Selon les chiffres compilés par le Regroupement des collèges du Montréal métropolitain (RCMM), il y a regain de popularité des champs d'études liés aux technologies informatiques dans les cégeps depuis un an. Des jeunes inscrits aux programmes techniques aux immigrants en formation continue, tous ces nouveaux venus pourraient à leur tour créer une pénurie de matériel enseignant.

Voilà qui n'aiderait en rien à régler la fameuse pénurie de main-d'oeuvre qui n'attend qu'une reprise économique pour affecter l'industrie québécoise des technologies de l'information et de la communication (TIC). À l'heure actuelle, les diplômés des cégeps qui sortent d'un programme lié à l'informatique ont un excellent taux de placement d'un peu moins de 90%, selon les chiffres publiés par le ministère de l'Éducation du Québec (MEQ). En grande majorité des emplois à temps plein. Et ce, malgré une économie qui tourne au ralenti depuis des mois.

Cela dit, cette année marque une première depuis longtemps pour les collèges montréalais: une hausse de l'achalandage des départements informatiques, de l'ordre de 15% par rapport à l'année précédente. «On a tout de même un net recul depuis sept ou huit ans», déplore Patrick Woodsworth, directeur général du RCMM. «Les programmes d'études informatiques de tous nos collèges ont encore de la place pour plus d'étudiants.»

Des étudiants à temps plein, par contre. Car si on ajoute au cours régulier ceux de la formation continue, les laboratoires informatiques sont au contraire surutilisés, constate le RCMM. Car à l'inverse des jeunes toujours échaudés de la déconvenue du secteur technologique au début du millénaire, les adultes en réorientation de carrière, les immigrants qui désirent se faire embaucher et les chômeurs motivés à se replacer dans les technos sont nombreux. Et leur nombre va continuer d'augmenter au cours des prochaines années, prévoit d'ailleurs le MEQ.

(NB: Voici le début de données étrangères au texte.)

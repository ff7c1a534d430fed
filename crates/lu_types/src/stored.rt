//! Stored values, and the part of a store that a segment takes (format page, "Stored documents").
ghost use Rattle.std.specs.Prelude.{◌≡◌};

use crate::owned::{Bytes, Text};

/// A value that a document stores under a field: its field's name, whether it was tokenized, and what it is.
#[derive(Debug, Drop)]
pub struct StoredValue {
    pub field: Text,
    pub tokenized: bool,
    pub value: Stored,
}

/// What a stored value is.
#[derive(Debug, Drop)]
pub enum Stored {
    Text(Text),
    Binary(Bytes),
}

impl Stored {
    ghost use Rattle.lu_types.specs.Documents.{IsStored, stored_bytes};

    /// The bytes of what is stored, lent: those of the text, or the bytes themselves.
    pub fn as_bytes(&self) -> &[u8]
        ensures same { result.now ≡ stored_bytes self.now }
        ensures stored { IsStored self.now }
    {
        match self {
            Stored::Text(text) => text.as_str().as_bytes(),
            Stored::Binary(bytes) => {
                let lent = bytes.as_slice();
                lent
            }
        }
    }
}

/// The documents that a segment takes of a store: `count` of them, from number `offset` on, counted from 0.
#[derive(Clone, Copy, Debug, PartialEq, Eq)]
pub struct Window {
    pub offset: u32,
    pub count: u32,
}

/// A store of documents that several segments share: from which of its documents on this segment takes them, the number of
/// the segment that the store's files are named by, and whether they are packed into one file.
#[derive(Clone, Copy, Debug, PartialEq, Eq)]
pub struct SharedStore {
    pub offset: u32,
    pub number: u32,
    pub compound: bool,
}
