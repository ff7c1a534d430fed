//! The laws of documents and their tables: each stands on a function that does nothing.
ghost use Rattle.std.specs.Prelude.{◌≡◌, ◌≤◌, List, length, Contains, None};
ghost use Rattle.lu_types.specs.Tables.{TableField};
ghost use Rattle.lu_types.specs.Joins.{Covers};
ghost use Rattle.lu_types.specs.DocFaults.{doc_fault, IsSound};
ghost use Rattle.lu_types.specs.declared.document.Document.{Document};
ghost use Rattle.lu_types.specs.declared.document.Limits.{Limits};

/// A document without a fault breaks no limit, and one that breaks none has no fault.
pub fn sound_documents()
    ensures sound { (doc : Document) (limits : Limits) → doc_fault doc limits ≡ None → IsSound doc limits }
    ensures only { (doc : Document) (limits : Limits) → IsSound doc limits → doc_fault doc limits ≡ None }
{}

/// A document without a fault has no more indexed fields than a table that covers it.
pub fn few_indexed_fields()
    ensures { (table : List TableField) (docs : List Document) (doc : Document) (limits : Limits)
        → Contains docs doc → doc_fault doc limits ≡ None → Covers table docs → length doc.indexed ≤ length table }
{}
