ghost use Rattle.std.specs.Prelude.{◌≡◌, ◌<◌, ◌+◌, ◌-◌, ◌^◌, [], ◌∷◌, ◌++◌, length, None, OnOk, OnErr, slice_get, option_map};
ghost use Rattle.lu_types.specs.Tables.{number_of, IsTable};
ghost use Rattle.lu_types.specs.Fields.{table_field};

use crate::field::Field;
use crate::joined::JoinedTable;
use lu_prims::OutOfMemory;
use std::alloc::Global;
use std::marker::Model;

/// The fields of a segment in the order of their numbers, with their names lent from the bytes of the file
/// (format page, "Field tables"). No two fields have one name.
#[derive(Drop)]
pub struct FieldTable<'a> {
    /// The fields, and the numbers of their names.
    fields: JoinedTable<'a>,
}

impl<'a> Model for FieldTable<'a> {
    ghost use Rattle.std.specs.Prelude.{List};
    ghost use Rattle.lu_types.specs.Tables.{TableField, IsTable};

    ghost Value = { List TableField };

    ghost view = { λ table. table.fields };

    ghost invariant = { λ table. IsTable table.fields };
}

impl<'a> FieldTable<'a> {
    /// The table without fields. Takes no memory.
    pub fn new(alloc: Global) -> FieldTable<'a>
        ensures { result ≡ [] }
    {
        FieldTable {
            fields: JoinedTable::new(alloc),
        }
    }

    /// Adds a field, whose number is the number of fields before. An `Err` leaves the table as it was.
    /// Takes time by the logarithm of the number of fields.
    pub fn push(&mut self, name: &'a str, bits: u8) -> Result<(), OutOfMemory>
        requires new { number_of name.now self.old ≡ None }
        requires clear { bits < 128 }
        requires room { length self.old < 2 ^ 31 - 1 }
        ensures ok { OnOk result (self.new ≡ self.old ++ record { name = name.now; bits = bits } ∷ []) }
        ensures err { OnErr result (self.new ≡ self.old) }
    {
        match self.fields.push(name, bits) {
            Ok(_) => Ok(()),
            Err(error) => Err(error),
        }
    }

    /// How many fields there are, below 2^31.
    pub fn count(&self) -> u32
        ensures count { result ≡ length self.now }
        ensures table { IsTable self.now }
    {
        self.fields.count() as u32
    }

    /// The field with a number, from 0; `None` exactly where there is no such number.
    pub fn field(&self, number: u32) -> Option<Field<'a>>
        ensures { option_map table_field result ≡ slice_get self.now number }
    {
        self.fields.field(number as usize)
    }

    /// The number of the field with a name; `None` exactly where no field has the name.
    /// Takes time by the logarithm of the number of fields.
    pub fn find(&self, name: &str) -> Option<u32>
        ensures { result ≡ number_of name.now self.now }
    {
        match self.fields.find(name) {
            Some(number) => Some(number as u32),
            None => None,
        }
    }
}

Suffisamment pour mettre beaucoup de pression sur des collèges, dont les effectifs d'enseignement sont déjà poussés à la limite, constate M. Woodsworth. «Emploi Québec, Immigration Québec et des programmes comme le Pacte pour l'emploi mettent beaucoup de pression sur les collèges, et nous commençons à manquer de ressources matérielles et physiques.»

Formations à la pièce

La provenance multiple des étudiants - Emploi Québec, ministère de l'Immigration, etc. - complique la donne, estiment certains observateurs. Ces ministères achètent des formations à la pièce, ce qui empêche les collèges d'investir à long terme dans les outils qu'ils estiment nécessaires pour donner une formation de pointe, comme des logiciels, notamment. Comme les cégeps ne peuvent pas faire de déficits, ils sont coincés, même si la demande augmente régulièrement.

La fin des campus commandités

Certains collèges ont tenté de résoudre ce problème en créant des partenariats avec des entreprises privées capables de fournir ces outils. On pense immédiatement au fameux campus Ubisoft, de l'Université de Sherbrooke et du cégep de Matane.

Une stratégie à ne pas renouveler, estime Maurice Piché, directeur général du collège Bois de Boulogne, au nord de Montréal. «Le campus Ubisoft répondait à un besoin précis à ce moment, mais aujourd'hui, l'industrie veut autre chose», dit-il. «L'industrie demande des formations données en continu entre les collèges et les universités. Si Montréal veut se positionner à l'international, ça prend la création d'un pôle d'excellence où tous les collèges et universités travaillent ensemble, en complémentarité.»

Selon M. Piché, cette formule pourrait prendre la forme d'un baccalauréat accéléré appliqué à des secteurs technologiques de pointe, comme l'image de synthèse, par exemple. «Ce serait une bien meilleure solution qu'une attestation d'études collégiales (AEC) de 30 semaines», dit-il. M. Piché ajoute qu'un tel programme serait probablement plus approprié qu'une AEC pour aider certains travailleurs spécialisés à se replacer, faisant référence aux 800 ingénieurs mis à pied par CAE, le mois dernier.